HomeOPINIONThrottle back: Consumer growth for 2018

Throttle back: Consumer growth for 2018

Westpac’s senior economist, Satish Ranchhod, talks about how consumer spending is set to continue growing at a firm pace over the coming year. 

The New Zealand economy is now into its seventh year of continued expansion, and most indicators point to ongoing firmness in household spending over the coming year. Activity has long been supported by strong population growth, increases in construction spending, and accommodative monetary policy. On top of those factors, we’re now also seeing firmer conditions in exports sectors, and fiscal policy is set to adopt a more stimulatory stance.

But while overall economic conditions have been firm, New Zealand is still wrestling with some big challenges. On a per capita basis, economic growth has actually been quite modest. In addition, much of the increase in domestic demand in recent years has come on the back of rising household debt, which is not a sustainable source of growth. The economy is also facing ongoing issues in relation to the provision of housing and infrastructure, which have been compounded by growing headwinds in the construction sector.

Reinforcing the above challenges have been some important changes in the economic landscape. Most notably, borrowing rates have crept higher over the past year, and the housing market has slowed. Nationwide house price growth has slowed to just 1 percent over the past year. That’s a far cry from the double-digit rates of house price growth we saw over the past few years. We’ve also seen the number of house sales fall 25 percent over the past year, and the number of unsold homes has been creeping higher. This suggests that there is more housing market weakness to come.

The slowdown in the housing market has been sharpest in Auckland, where prices have fallen 4 percent since January. That follows very large gains in recent years that eroded housing affordability and left house prices in our largest city significantly overvalued on a number of metrics.

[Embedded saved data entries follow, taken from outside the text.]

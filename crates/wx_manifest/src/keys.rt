//! What stands under each key, and the test that it has to pass.
ghost use Rattle.std.specs.Prelude.{◌≡◌, Some, codes};
ghost use Rattle.serde_json.specs.View.{view, items_view};
ghost use Rattle.serde_json.specs.Find.{get};
ghost use Rattle.wx_manifest_tree.specs.Tree.{lent, optional, as_texts};
ghost use Rattle.wx_manifest.specs.Keys as keys;
ghost use Rattle.wx_manifest.specs.ExtensionManifests as manifests;

use crate::faults::{Key, ManifestFault};
use serde_json::Value;
use wx_manifest_tree::{KeyFault, Texts, optional_texts_at, text_at};

fn fault_at(key: Key, fault: KeyFault) -> ManifestFault
    ensures { result ≡ keys.fault_at key fault }
{
    match fault {
        KeyFault::Missing => ManifestFault::Missing(key),
        KeyFault::WrongKind => ManifestFault::WrongKind(key),
    }
}

pub(crate) fn text_of<'v>(tree: &'v Value, key: Key) -> Result<&'v str, ManifestFault>
    ensures { lent result ≡ manifests.text_of key (view tree.now) }
{
    match text_at(tree, key.text()) {
        Ok(text) => Ok(text),
        Err(fault) => Err(fault_at(key, fault)),
    }
}

#[tactic(auto, unfolding(crate::specs::ExtensionManifests::manifest_version_of))]
pub(crate) fn manifest_version_of(tree: &Value) -> Result<u8, ManifestFault>
    ensures { result ≡ manifests.manifest_version_of (view tree.now) }
{
    match tree.get(Key::ManifestVersion.text()) {
        None => Err(ManifestFault::Missing(Key::ManifestVersion)),
        Some(value) => match value.as_u64() {
            Some(2) => Ok(2),
            Some(3) => Ok(3),
            _ => Err(ManifestFault::WrongKind(Key::ManifestVersion)),
        },
    }
}

fn is_text(value: &Value, text: &str) -> bool
    ensures { result ≡ manifests.is_text text.now (view value.now) }
{
    match value.as_str() {
        Some(own) => text == own,
        None => false,
    }
}

fn holds_text(members: &[Value], text: &str) -> bool
    ensures { result ≡ manifests.holds_text text.now (items_view members.now) }
{
    for member in members {
        if is_text(member, text) {
            return true;
        }
    }
    false
}

#[tactic(auto, unfolding(crate::specs::ExtensionManifests::native_of))]
pub(crate) fn native_of(tree: &Value) -> Result<bool, ManifestFault>
    ensures { result ≡ manifests.native_of (view tree.now) }
{
    match tree.get(Key::Permissions.text()) {
        None => Ok(false),
        Some(value) => match value.as_array() {
            None => Err(ManifestFault::WrongKind(Key::Permissions)),
            Some(members) => Ok(holds_text(members, "nativeMessaging")),
        },
    }
}

/// The texts of an optional array of strings; none where it is absent.
pub(crate) fn texts_of<'v>(tree: &'v Value, key: Key) -> Result<Option<Texts<'v>>, ManifestFault>
    ensures { result ≡ keys.under key (optional as_texts (get (keys.key_name key) (view tree.now))) }
{
    match optional_texts_at(tree, key.text()) {
        Ok(texts) => Ok(texts),
        Err(fault) => Err(fault_at(key, fault)),
    }
}
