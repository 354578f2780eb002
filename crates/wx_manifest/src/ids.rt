//! The members of `ids` in `externally_connectable`.
ghost use Rattle.std.specs.Prelude.{◌≡◌, ◌≢◌, true, false, map, Ok, Err, IfOk, IfErr, MatchOption};
ghost use Rattle.serde_json.specs.View.{view};
ghost use Rattle.wx_manifest.specs.ExtensionManifests as manifests;
ghost use Rattle.wx_manifest.specs.ExtensionManifests.{is_id_entry, judged_ids, admits_entry};
ghost use Rattle.wx_manifest.specs.IdEntries.{id_text};

use crate::faults::{Key, ManifestFault};
use crate::keys::texts_of;
use serde_json::Value;
use std::alloc::Global;
use wx_id::ExtensionId;
use wx_manifest_tree::Texts;

/// A member of `ids`.
#[derive(Clone, Copy, Debug)]
pub(crate) enum IdEntry {
    /// `*`: each extension.
    Any,
    /// One extension.
    One(ExtensionId),
}

impl IdEntry {
    fn read(text: &str) -> Option<IdEntry>
        ensures { MatchOption result (is_id_entry text.now ≡ false)
            (λ entry. (is_id_entry text.now ≡ true) × (id_text entry ≡ text.now)) }
    {
        if text == "*" {
            return Some(IdEntry::Any);
        }
        match ExtensionId::read(text.as_bytes()) {
            Ok(id) => Some(IdEntry::One(id)),
            Err(_) => None,
        }
    }

    /// Whether this extension is meant.
    fn admits(&self, id: &ExtensionId) -> bool
        ensures { result ≡ admits_entry (id_text self.now) id.now }
    {
        match self {
            IdEntry::Any => true,
            IdEntry::One(own) => own.text() == id.text(),
        }
    }
}

/// Whether some entry means this extension.
pub(crate) fn any_admits(entries: &[IdEntry], id: &ExtensionId) -> bool
    ensures { result ≡ manifests.lists_id (map id_text entries.now) id.now }
{
    for entry in entries {
        if entry.admits(id) {
            return true;
        }
    }
    false
}

/// The members of `ids`, each `*` or an extension's id.
#[tactic(auto, using(crate::proofs::ManifestLemmas::bad_entry, crate::proofs::ManifestLemmas::good_entry, crate::proofs::ManifestLemmas::more_entries))]
fn read_ids(alloc: Global, texts: &Texts<'_>) -> Result<Vec<IdEntry>, ManifestFault>
    ensures ok { IfOk result (λ ids. judged_ids texts.now ≡ Ok (map id_text ids.items)) }
    ensures err { IfErr result (λ fault. fault ≢ ManifestFault.NoMemory
        → judged_ids texts.now ≡ Err fault) }
{
    let mut ids = Vec::new(alloc);
    for place in 0..texts.len() {
        let Some(entry) = IdEntry::read(texts.at(place)) else {
            return Err(ManifestFault::BadId(place as u64));
        };
        if ids.push(entry).is_err() {
            return Err(ManifestFault::NoMemory);
        }
    }
    Ok(ids)
}

/// The members of `ids` in `externally_connectable`.
#[tactic(auto, unfolding(crate::specs::ExtensionManifests::ids_of, crate::specs::ExtensionManifests::texts_of))]
pub(crate) fn ids_of(alloc: Global, tree: &Value) -> Result<Vec<IdEntry>, ManifestFault>
    ensures ok { IfOk result (λ ids. manifests.ids_of (view tree.now) ≡ Ok (map id_text ids.items)) }
    ensures err { IfErr result (λ fault. fault ≢ ManifestFault.NoMemory
        → manifests.ids_of (view tree.now) ≡ Err fault) }
{
    match texts_of(tree, Key::Ids) {
        Ok(None) => Ok(Vec::new(alloc)),
        Ok(Some(texts)) => read_ids(alloc, &texts),
        Err(fault) => Err(fault),
    }
}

Housing markets have also slowed in other parts of the country, but to a lesser degree.

New Zealanders hold a large proportion of their wealth in housing assets, and the combination of low borrowing rates and rising house prices in recent years gave household spending a powerful shot in the arm. But now, with momentum in the housing market fading and interest rates higher, a period of softer in household spending is on the cards.

Combined with an eventual slowdown in the migration cycle, this will see the current period of firm economic activity give way to a period sluggish GDP growth before the close of the decade. 

As GDP growth slows, some of the other challenges that the economy has been wrestling with will become even more pressing. In particular, the run up in household debt in recent years poses downside risk for domestic demand. New Zealand households are now carrying $264 billion of debt, a level that’s up 30 percent up since 2012. These high levels of household debt will be a brake on spending growth over the coming years. Debt eventually needs to be repaid, and the large increases in recent years mean that households will now have to commit a greater proportion of their future income to debt repayment.

The good news for retailers and households is that monetary policy is likely to remain very accommodative for some time. Inflation currently sitting at levels below the Reserve Bank’s 2 percent target mid-point. The Reserve Bank needs a period of strong economic activity to fully ward off the low inflation that has dogged it in recent years. And that requires support from low interest rates. We’re not forecasting any change in the Official Cash Rate until late-2019. And even when the OCR does start to rise, we expect it to be at a gradual pace.